Lawyers involved in Ovando’s trial had expressed concern over the jurors’ lengthy deliberations.
“I don’t know what’s worse, having your wife in labor or waiting for a jury this long,” said Deputy Dist. Atty. Richard M. King on the sixth day of deliberation.
Defense attorney Kelley said no one in his office could recall ever having a jury out so long. On the ninth day, he was somewhat optimistic.
“It shows that they are not agreeing about something,” he said.
But the long deliberations, it turned out, resulted from disagreement on a relatively insignificant legal point.
“We agreed very early that he was guilty of first-degree murder and at least attempted rape,” said juror Gary Thompson of El Toro.
Judge Had Been Away
“What took so long was deciding whether he was guilty of rape. We had a lot of heated arguments over that one.”
In fact, Thompson got so upset at one point he tried to walk out of the jury room for “some air” but was stopped by a bailiff.
Even if Ovando had been found guilty of raping Arevalo, he could not have gotten a longer sentence from the judge. The attempted rape was enough for the life-without-parole sentence.
When the jury was not ready with a verdict on Friday, after nine days of deliberation, the lawyers quipped that, “Boy, is Judge Cox going to be surprised.”
Cox had been away at his 40th high school reunion in Virginia for a week and had asked Judge Luis B. Cardenas to sit in for him when the jury was ready.
“When I got back and heard the jury was still out, I couldn’t believe it,” Cox said later.
Jury foreman Leslie Fischetti of Fullerton later joked that the deliberations were so long and so heated that three jurors took up smoking.

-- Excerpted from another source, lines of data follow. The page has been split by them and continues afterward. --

ghost use Rattle.std.specs.Prelude.{◌≡◌, map, IfOk};
ghost use Rattle.job_states.specs.Judged.{Gives};
ghost use Rattle.job_states.specs.Moment.{IsMoment};
ghost use Rattle.trace_lines.specs.Lines as spec;
ghost use Rattle.trace_lines.specs.Lines.{Reads};
ghost use Rattle.trace_lines.specs.Ranges.{IsFitLine};

use crate::command::command_in;
use crate::words::{moment_in, parts_of, seat_in};
use job_states::{Command, Moment, NoMemory};
use std::alloc::{AllocError, Global};
use std::str;
use thiserror::Error;

/// What a line asks for. A seat is 0 to 63.
#[derive(Drop)]
pub enum Line {
    /// That the command is opened at the seat.
    Begin {
        moment: Moment,
        seat: u32,
        command: Command,
    },
    /// That the command is opened at the seat and committed.
    Do {
        moment: Moment,
        seat: u32,
        command: Command,
    },
    /// That what is open at the seat is committed.
    Commit(u32),
    /// That what is open at the seat is closed.
    Rollback(u32),
    /// That what is open is dropped, and the disk is opened anew.
    Reopen,
}

/// Why no line was read.
#[derive(Clone, Copy, Debug, PartialEq, Eq, Error)]
pub enum LineFault {
    /// The bytes have no form of a line.
    #[error("no line")]
    NotALine,
    /// There was no memory for it.
    #[error("out of memory")]
    NoMemory,
}

impl From<AllocError> for LineFault {
    ghost use Rattle.std.specs.Prelude.{◌≡◌};
    ghost use Rattle.trace_lines.specs.declared.line.LineFault.TheVariants as fault;

    ghost from_gives = { λ _ e. e ≡ fault.NoMemory };

    fn from(_: AllocError) -> Self {
        LineFault::NoMemory
    }
}

impl From<NoMemory> for LineFault {
    ghost use Rattle.std.specs.Prelude.{◌≡◌};
    ghost use Rattle.trace_lines.specs.declared.line.LineFault.TheVariants as fault;

    ghost from_gives = { λ _ e. e ≡ fault.NoMemory };

    fn from(_: NoMemory) -> Self {
        LineFault::NoMemory
    }
}

/// The greatest length of a line in bytes.
pub(crate) const MAX_LEN: usize = 4096;

/// The line that the bytes spell, which come without their line feed: at most 4096 bytes of UTF-8, whose words one space
/// separates.
pub fn read_line(alloc: Global, bytes: &[u8]) -> Result<Line, LineFault>
    ensures exact { Reads result (spec.line_of bytes.now) }
    ensures fit { IfOk result IsFitLine }
{
    judged_line(alloc, bytes)
}

fn judged_line(alloc: Global, bytes: &[u8]) -> Result<Line, LineFault>
    ensures exact { Gives LineFault.NoMemory result (spec.judged_line bytes.now) }
    ensures fit { IfOk result IsFitLine }
{
    if bytes.len() > MAX_LEN {
        return Err(LineFault::NotALine);
    }
    let Ok(text) = str::from_utf8(bytes) else {
        return Err(LineFault::NotALine);
    };
    line_of_words(alloc, &parts_of(alloc, text, ' ')?)
}

fn line_of_words(alloc: Global, words: &[&str]) -> Result<Line, LineFault>
    ensures exact { Gives LineFault.NoMemory result (spec.line_of_words (map (λ w. w.now) words.now)) }
    ensures fit { IfOk result IsFitLine }
{
    match *words {
        [word] => reopening(word),
        [seat, end] => ending(seat, end),
        [moment, seat, verb, ref command @ ..] => beginning(alloc, moment, seat, verb, command),
        [] => Err(LineFault::NotALine),
    }
}

fn reopening(word: &str) -> Result<Line, LineFault>
    ensures exact { Gives LineFault.NoMemory result (spec.reopening word.now) }
    ensures fit { IfOk result IsFitLine }
{
    match word {
        "reopen" => Ok(Line::Reopen),
        _ => Err(LineFault::NotALine),
    }
}

fn ending(seat: &str, end: &str) -> Result<Line, LineFault>
    ensures exact { Gives LineFault.NoMemory result (spec.ending seat.now end.now) }
    ensures fit { IfOk result IsFitLine }
{
    match end {
        "commit" => Ok(Line::Commit(seat_in(seat)?)),
        "rollback" => Ok(Line::Rollback(seat_in(seat)?)),
        _ => Err(LineFault::NotALine),
    }
}

fn beginning(
    alloc: Global,
    moment: &str,
    seat: &str,
    verb: &str,
    command: &[&str],
) -> Result<Line, LineFault>
    ensures exact { Gives LineFault.NoMemory result (spec.beginning moment.now seat.now verb.now (map (λ w. w.now) command.now)) }
    ensures fit { IfOk result IsFitLine }
{
    match verb {
        "begin" => Ok(Line::Begin {
            moment: moment_in(moment)?,
            seat: seat_in(seat)?,
            command: command_in(alloc, command)?,
        }),
        "do" => Ok(Line::Do {
            moment: moment_in(moment)?,
            seat: seat_in(seat)?,
            command: command_in(alloc, command)?,
        }),
        _ => Err(LineFault::NotALine),
    }
}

By noon last Friday, she said, there were eight votes in favor of a rape conviction, one vote against and three undecided. But early Monday morning, the eight finally agreed that rape had not been proven. Ovando was acquitted on that charge and the “during a rape” special circumstance was thrown out.
Second Rape Case
Cox, in a statement rarely heard from the bench, told the jurors that he strongly agreed with their verdict.
“This is the first case that Mr. Kelley has ever lost in my courtroom,” Cox told the jurors. “But the evidence was so overwhelming there was no way he could get a foot in the door.”

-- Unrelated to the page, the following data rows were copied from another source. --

//! Commands, by how many words stand after their own.
ghost use Rattle.std.specs.Prelude.{◌≡◌, map, IfOk};
ghost use Rattle.job_states.specs.Judged.{Gives};
ghost use Rattle.trace_lines.specs.Lines as spec;
ghost use Rattle.trace_lines.specs.Ranges.{IsFit};

use crate::LineFault;
use crate::job::job_in;
use crate::words::{kind_in, limit_in, name_in, number_in, queues_in};
use job_states::{Command, Text};
use std::alloc::Global;

/// The command that the words spell.
pub(crate) fn command_in(alloc: Global, words: &[&str]) -> Result<Command, LineFault>
    ensures exact { Gives LineFault.NoMemory result (spec.command_of (map (λ w. w.now) words.now)) }
    ensures fit { IfOk result IsFit }
{
    match *words {
        [name] => alone(name),
        [name, word] => with_one(alloc, name, word),
        [name, first, second] => with_two(alloc, name, first, second),
        [name, first, second, third] => with_three(alloc, name, first, second, third),
        [name, class, queue, priority, argument, at] => {
            with_job(alloc, name, class, queue, priority, argument, at)
        }
        _ => Err(LineFault::NotALine),
    }
}

fn alone(name: &str) -> Result<Command, LineFault>
    ensures exact { Gives LineFault.NoMemory result (spec.alone name.now) }
    ensures fit { IfOk result IsFit }
{
    match name {
        "dispatch" => Ok(Command::Dispatch),
        "expire" => Ok(Command::Expire),
        "unblock" => Ok(Command::Unblock),
        "prune" => Ok(Command::Prune),
        "clear" => Ok(Command::ClearFinished),
        _ => Err(LineFault::NotALine),
    }
}

fn with_one(alloc: Global, name: &str, word: &str) -> Result<Command, LineFault>
    ensures exact { Gives LineFault.NoMemory result (spec.with_one name.now word.now) }
    ensures fit { IfOk result IsFit }
{
    match name {
        "beat" => Ok(Command::Beat {
            pid: number_in(word)?,
        }),
        "deregister" => Ok(Command::Deregister {
            pid: number_in(word)?,
        }),
        "retry" => Ok(Command::Retry {
            id: number_in(word)?,
        }),
        "discard" => Ok(Command::Discard {
            id: number_in(word)?,
        }),
        "pause" => Ok(Command::Pause {
            queue: name_in(alloc, word)?,
        }),
        "resume" => Ok(Command::Resume {
            queue: name_in(alloc, word)?,
        }),
        "run" => Ok(Command::RunNow {
            task: name_in(alloc, word)?,
        }),
        _ => Err(LineFault::NotALine),
    }
}

fn with_two(alloc: Global, name: &str, first: &str, second: &str) -> Result<Command, LineFault>
    ensures exact { Gives LineFault.NoMemory result (spec.with_two name.now first.now second.now) }
    ensures fit { IfOk result IsFit }
{
    match name {
        "register" => Ok(Command::Register {
            kind: kind_in(first)?,
            name: name_in(alloc, second)?,
        }),
        "done" => {
            let (pid, id) = (number_in(first)?, number_in(second)?);
            Ok(Command::Done { pid, id })
        }
        "release" => {
            let (pid, id) = (number_in(first)?, number_in(second)?);
            Ok(Command::Release { pid, id })
        }
        "tick" => Ok(Command::Tick {
            pid: number_in(first)?,
            task: name_in(alloc, second)?,
        }),
        _ => Err(LineFault::NotALine),
    }
}

fn with_three(
    alloc: Global,
    name: &str,
    first: &str,
    second: &str,
    third: &str,
) -> Result<Command, LineFault>
    ensures exact { Gives LineFault.NoMemory result (spec.with_three name.now first.now second.now third.now) }
    ensures fit { IfOk result IsFit }
{
    match name {
        "poll" => poll(alloc, first, second, third),
        "raised" => Ok(Command::Raised {
            pid: number_in(first)?,
            id: number_in(second)?,
            error: name_in(alloc, third)?,
            message: Text::read(alloc, "")?,
        }),
        _ => Err(LineFault::NotALine),
    }
}

fn poll(alloc: Global, pid: &str, limit: &str, queues: &str) -> Result<Command, LineFault>
    ensures exact { Gives LineFault.NoMemory result (spec.poll_of pid.now limit.now queues.now) }
    ensures fit { IfOk result IsFit }
{
    let pid = number_in(pid)?;
    let limit = limit_in(limit)?;
    let list = queues_in(alloc, queues)?;
    Ok(Command::Poll { pid, list, limit })
}

fn with_job(
    alloc: Global,
    name: &str,
    class: &str,
    queue: &str,
    priority: &str,
    argument: &str,
    at: &str,
) -> Result<Command, LineFault>
    ensures exact { Gives LineFault.NoMemory result (spec.with_job name.now class.now queue.now priority.now argument.now at.now) }
    ensures fit { IfOk result IsFit }
{
    match name {
        "enqueue" => Ok(Command::Enqueue {
            job: job_in(alloc, class, queue, priority, argument, at)?,
        }),
        _ => Err(LineFault::NotALine),
    }
}
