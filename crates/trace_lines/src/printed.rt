//! What is printed for a line.
ghost use Rattle.std.specs.Prelude.{◌≡◌, codes, false, IfOk, string_bytes};
ghost use Rattle.serde_json.specs.View.{view};
ghost use Rattle.serde_json.specs.Written.{compact_text, has_float};
ghost use Rattle.http_wire.specs.Reply.{body_bytes};
ghost use Rattle.queue_replies.specs.Faults.{error_at};
ghost use Rattle.trace_lines.specs.Printed as spec;

use http_wire::Body;
use job_states::{Answer, Bytes, NoMemory, Polled, Refused, Row};
use queue_replies::{not_built, reply_of, reply_refused};
use serde_json::{Value, json};
use std::alloc::{AllocError, Global};

/// A printed line, without its line feed.
#[derive(Drop)]
pub enum Printed {
    /// `open`
    Open,
    /// `rolled back`
    RolledBack,
    /// `reopened`
    Reopened,
    /// `{"error":"seat_open"}`
    SeatOpen,
    /// `{"error":"seat_empty"}`
    SeatEmpty,
    /// `{"error":"disk_fault"}`
    DiskFault,
    /// `{"error":"no_memory"}`
    NoMemory,
    /// What is said of an answer, of a refusal, of a bad line or of a command that isn't built yet.
    Json(Bytes),
}

impl Printed {
    /// The line's bytes.
    pub fn as_slice(&self) -> &[u8]
        ensures { result.now ≡ spec.printed_text self.now }
    {
        match self {
            Printed::Open => b"open",
            Printed::RolledBack => b"rolled back",
            Printed::Reopened => b"reopened",
            Printed::SeatOpen => br#"{"error":"seat_open"}"#,
            Printed::SeatEmpty => br#"{"error":"seat_empty"}"#,
            Printed::DiskFault => br#"{"error":"disk_fault"}"#,
            Printed::NoMemory => br#"{"error":"no_memory"}"#,
            Printed::Json(bytes) => bytes.as_slice(),
        }
    }

    /// The body of the reply to an answer. A poll prints the numbers of the jobs alone: `{"ids":[1,2]}`.
    pub fn answer(alloc: Global, answer: &Answer) -> Result<Self, NoMemory>
        ensures { IfOk result (λ printed. spec.printed_text printed ≡ spec.answer_text answer.now) }
    {
        match answer {
            Answer::Polled(jobs) => printed_json(alloc, &claimed_ids(alloc, jobs.as_slice())?),
            _ => Ok(printed_body(reply_of(alloc, answer)?.body)),
        }
    }

    /// The body of the reply to a refusal. A row that the seat `by` holds prints `{"by":0,"error":"locked","row":"job 1"}`.
    pub fn refused(alloc: Global, refused: &Refused) -> Result<Self, NoMemory>
        ensures { IfOk result (λ printed. spec.printed_text printed ≡ spec.refused_text refused.now) }
    {
        match refused {
            Refused::Locked { row, by } => printed_json(alloc, &locked_error(alloc, row, *by)?),
            _ => Ok(printed_body(reply_refused(alloc, refused)?.body)),
        }
    }

    /// `{"at":74,"error":"bad_line"}`, with the place of the line's first byte.
    pub fn bad_line(alloc: Global, at: u64) -> Result<Self, NoMemory>
        ensures { IfOk result (λ printed. spec.printed_text printed ≡ spec.bad_line_text at) }
    {
        printed_json(alloc, &bad_line(alloc, at)?)
    }

    /// `{"error":"not_built"}`, for a command that isn't built yet.
    pub fn not_built(alloc: Global) -> Result<Self, NoMemory>
        ensures { IfOk result (λ printed. spec.printed_text printed ≡ spec.not_built_text) }
    {
        Ok(printed_body(not_built(alloc)?.body))
    }
}

fn printed_body(body: Body) -> Printed
    ensures { spec.printed_text result ≡ body_bytes body }
{
    match body {
        Body::Kept(bytes) => Printed::Json(bytes),
        Body::DiskFault => Printed::DiskFault,
        Body::NoMemory => Printed::NoMemory,
    }
}

fn printed_json(alloc: Global, value: &Value) -> Result<Printed, NoMemory>
    requires { has_float (view value.now) ≡ false }
    ensures { IfOk result (λ printed. spec.printed_text printed ≡ compact_text (view value.now)) }
{
    Ok(Printed::Json(Bytes::of(value.to_vec(alloc)?)))
}

fn claimed_ids(alloc: Global, jobs: &[Polled]) -> Result<Value, AllocError>
    ensures { IfOk result (λ value. view value ≡ spec.claimed_ids jobs.now) }
{
    let mut ids = Vec::new(alloc);
    for job in jobs {
        ids.push(Value::from(job.id))?;
    }
    json!(in alloc; {"ids": ids})
}

fn locked_error(alloc: Global, row: &Row, by: u32) -> Result<Value, AllocError>
    ensures value { IfOk result (λ value. view value ≡ spec.locked_error row.now by) }
    ensures whole { IfOk result (λ value. has_float (view value) ≡ false) }
{
    let row = row_text(alloc, row)?;
    json!(in alloc; {"by": by, "error": "locked", "row": row.as_str()})
}

fn row_text(alloc: Global, row: &Row) -> Result<String, AllocError>
    ensures { IfOk result (λ text. string_bytes text ≡ spec.row_text row.now) }
{
    match row {
        Row::Job(id) => format!(in alloc; "job {id}"),
        Row::Key(key) => format!(in alloc; "key {}", key.as_str()),
        Row::Process(pid) => format!(in alloc; "process {pid}"),
        Row::Queue(queue) => format!(in alloc; "queue {}", queue.as_str()),
        Row::Task(task) => format!(in alloc; "task {}", task.as_str()),
    }
}

fn bad_line(alloc: Global, at: u64) -> Result<Value, AllocError>
    ensures value { IfOk result (λ value. view value ≡ error_at at (codes "bad_line")) }
    ensures whole { IfOk result (λ value. has_float (view value) ≡ false) }
{
    json!(in alloc; {"at": at, "error": "bad_line"})
}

Prosecutors decided against seeking the death penalty, partly because of Ovando’s willing confession to police in a case where they had no suspects.
Ovando was accused of raping a pregnant woman just two days before the Arevalo slaying. Kelley told the judge he was not ready to go to trial on that charge until after Ovando’s sentencing in September. But after prosecutor King objected, Ovando, his head bent and his voice shaking, told the court through an interpreter that he wanted to plead guilty.
When Kelley objected, Cox permitted Ovando to substitute another attorney. Prosecutor King was elated at that turn of events, because he had been hoping to spare the victim in that case from having to testify again. She had already appeared at a hearing.